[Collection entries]
------------
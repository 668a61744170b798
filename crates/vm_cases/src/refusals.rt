// Refusal 10 in each of its parts: every lent entry stays as it was.
use crate::code::CaseFile;
use crate::floats::{THREE, TWO};
use crate::op;
use crate::op::{Op, ToRecord};
use crate::report::Tally;
use crate::run::{LONGEST, Set};
use crate::seen::Seen;
use eval::slot::{FLOAT, HASH, MISSING, OTHER, Slots};
use std::fmt::Display;
use vm::account::Reply;
use vm::{Lengths, Terms};

// How many kinds and values of cells are lent, and the kind and the value of cell 1.
#[derive(Clone, Copy)]
pub struct Given {
    pub kinds: usize,
    pub values: usize,
    pub kind: u8,
    pub value: u64,
}

// The cells and the context of a call, and the lengths of its working stores.
#[derive(Clone, Copy)]
pub struct Lent {
    pub cells: Given,
    pub context: Given,
    pub lengths: Lengths,
}

const SOIL: u32 = 0xA5C3_7FC1;

const LONG_SOIL: u64 = 0xA5C3_7FC1_7FC1_A5C3;

// One more than the bits of any float.
pub const NO_FLOAT: u64 = 0x1_0000_0000;

// A cell for each name, and the float 2.
const FOUR: Given = Given {
    kinds: 4,
    values: 4,
    kind: FLOAT,
    value: 0x4000_0000,
};

// A call that is accepted.
pub const RIGHT: Lent = Lent {
    cells: FOUR,
    context: FOUR,
    lengths: LONGEST,
};

// A step limit and a house limit.
const TERMS: Terms = Terms {
    this: 0,
    step_limit: Some(7),
    loop_limit: None,
    house_limit: Some(9),
};

pub fn cases(tally: &mut Tally) {
    accepted(tally);
    counts(tally);
    contents(tally);
    stores(tally);
}

// The account of `RIGHT`: 3 stored in cell 1, a handler, and a loop with two more turns.
fn accepted(tally: &mut Tally) {
    let want = Seen::done(5, THREE)
        .stored(0x4040_0000)
        .stack(1, TWO, TWO)
        .looped(1, 1)
        .handled(1, 0x4_0000_0000);
    let room = Set::room(LONGEST);
    tally.case("the largest stores are accepted", &writing(), room, want);
}

fn counts(tally: &mut Tally) {
    let cell = Given {
        kinds: 5,
        values: 5,
        ..FOUR
    };
    let faults = [
        ("a kind too few", Given { kinds: 3, ..FOUR }),
        ("a value too few", Given { values: 3, ..FOUR }),
        ("a cell too many", cell),
    ];
    both(tally, RIGHT, &faults);
}

fn contents(tally: &mut Tally) {
    let zero = Given { value: 0, ..FOUR };
    let float = Given {
        value: NO_FLOAT,
        ..zero
    };
    let faults = [
        ("kind 4", Given { kind: 4, ..zero }),
        ("a float of 2^32", float),
    ];
    let zeros = Lent {
        cells: zero,
        context: zero,
        ..RIGHT
    };
    both(tally, zeros, &faults);
}

// Each fault in the cells of a call that is accepted, and each in its context.
fn both(tally: &mut Tally, accepted: Lent, faults: &[(&str, Given)]) {
    for &(name, cells) in faults {
        let lent = Lent { cells, ..accepted };
        refused(tally, format_args!("refused: {name}"), lent);
    }
    for &(name, context) in faults {
        let lent = Lent {
            context,
            ..accepted
        };
        refused(tally, format_args!("refused: {name} in the context"), lent);
    }
}

fn stores(tally: &mut Tally) {
    let stack = Lengths {
        stack: 65601,
        ..LONGEST
    };
    let loops = Lengths {
        loops: 65,
        ..LONGEST
    };
    let handlers = Lengths {
        handlers: 65,
        ..LONGEST
    };
    let faults = [
        ("refused: 65601 operands", stack),
        ("refused: 65 loop counts", loops),
        ("refused: 65 handlers", handlers),
    ];
    for (name, lengths) in faults {
        refused(tally, name, Lent { lengths, ..RIGHT });
    }
}

fn refused(tally: &mut Tally, name: impl Display + Drop, lent: Lent) {
    let file = writing();
    tally.verdict(name, sent_back(file.as_slice(), lent, 10));
}

// A file that would write to every lent store.
pub fn writing() -> CaseFile {
    CaseFile::new(&[
        Op::Const.with(op::THREE),
        Op::StoreVar.with(1),
        Op::HandlerPush.with(4),
        Op::LoopBegin.with(9),
        Op::End.alone(),
    ])
}

// Whether the call is sent back by the refusal of this number, with every entry and both limits as they were.
pub fn sent_back(file: &[u8], lent: Lent, number: u32) -> bool {
    let Lent {
        cells,
        context,
        lengths,
    } = lent;
    let entry_kinds = [MISSING, cells.kind, HASH, OTHER, FLOAT];
    let entry_values = [7, cells.value, LONG_SOIL, 8, 9];
    let mut kinds = entry_kinds;
    let mut values = entry_values;
    let context_kinds = [MISSING, context.kind, HASH, OTHER, FLOAT];
    let context_values = [7, context.value, LONG_SOIL, 8, 9];
    let mut stack = [SOIL; 65601];
    let mut loops = [SOIL; 65];
    let mut handlers = [LONG_SOIL; 65];
    let context = Slots {
        kinds: &context_kinds[..context.kinds.min(5)],
        values: &context_values[..context.values.min(5)],
    };
    let answer = vm::call(
        file,
        &mut kinds[..cells.kinds.min(5)],
        &mut values[..cells.values.min(5)],
        context,
        TERMS,
        &mut stack[..lengths.stack.min(65601)],
        &mut loops[..lengths.loops.min(65)],
        &mut handlers[..lengths.handlers.min(65)],
    );
    let reply = Reply::new(TERMS, answer);
    let left = reply.account.remainders;
    reply.refusal == number
        && left.guest == 7
        && left.house == 9
        && kinds == entry_kinds
        && values == entry_values
        && stack.iter().all(|&x| x == SOIL)
        && loops.iter().all(|&x| x == SOIL)
        && handlers.iter().all(|&x| x == LONG_SOIL)
}
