// The line of a case, and the tally: cases, and those that differ.
use crate::code::CaseFile;
use crate::run::{Set, run};
use crate::seen::Seen;
use std::fmt::Display;
use std::io;
use std::io::{BufWriter, Stdout, Write};

// What stands in the working stores at the second run of a case.
const GARBAGE: u32 = 0xA5C3_7FC1;

// The tally, and standard output behind a buffer.
#[derive(Drop)]
pub struct Tally {
    cases: u64,
    differ: u64,
    out: BufWriter<Stdout>,
}

impl Tally {
    pub fn new(rt: HostRuntime) -> io::Result<Tally> {
        let out = BufWriter::new(rt.alloc(), rt.stdout())?;
        Ok(Tally {
            cases: 0,
            differ: 0,
            out,
        })
    }

    pub fn case(&mut self, name: &str, file: &CaseFile, set: Set, want: Seen) {
        self.verdict(name, agrees(file, set, want));
    }

    // A case under the plain set.
    pub fn plain(&mut self, name: &str, file: &CaseFile, want: Seen) {
        self.case(name, file, Set::plain(), want);
    }

    // The line of a case that was run.
    pub fn verdict(&mut self, name: impl Display + Drop, ok: bool) {
        let _ = write!(self.out, "{name}");
        self.conclude(ok);
    }

    // The end of a line.
    pub fn conclude(&mut self, ok: bool) {
        self.cases = self.cases.saturating_add(1);
        if !ok {
            self.differ = self.differ.saturating_add(1);
        }
        self.put(if ok { b": ok\n" } else { b": differs\n" });
    }

    // The last line.
    pub fn total(&mut self) {
        let Tally { cases, differ, out } = self;
        let _ = writeln!(out, "{cases} cases, {differ} differ");
    }

    // Writes a text.
    pub fn put(&mut self, text: &[u8]) {
        let _ = self.out.write_all(text);
    }

    // What stands in the buffer goes out.
    pub fn flush(&mut self) -> io::Result<()> {
        self.out.flush()
    }
}

// Runs a file twice, with zeros and with garbage in the working stores: both must leave what is wanted.
pub fn agrees(file: &CaseFile, set: Set, want: Seen) -> bool {
    [0, GARBAGE]
        .iter()
        .all(|&soil| run(file, set, soil) == Ok(want))
}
------------
YOUR TASK - For each line in the data above that contains the string "many", extract the line.

ANSWER BOX -
// How many kinds and values of cells are lent, and the kind and the value of cell 1.
        ("a cell too many", cell),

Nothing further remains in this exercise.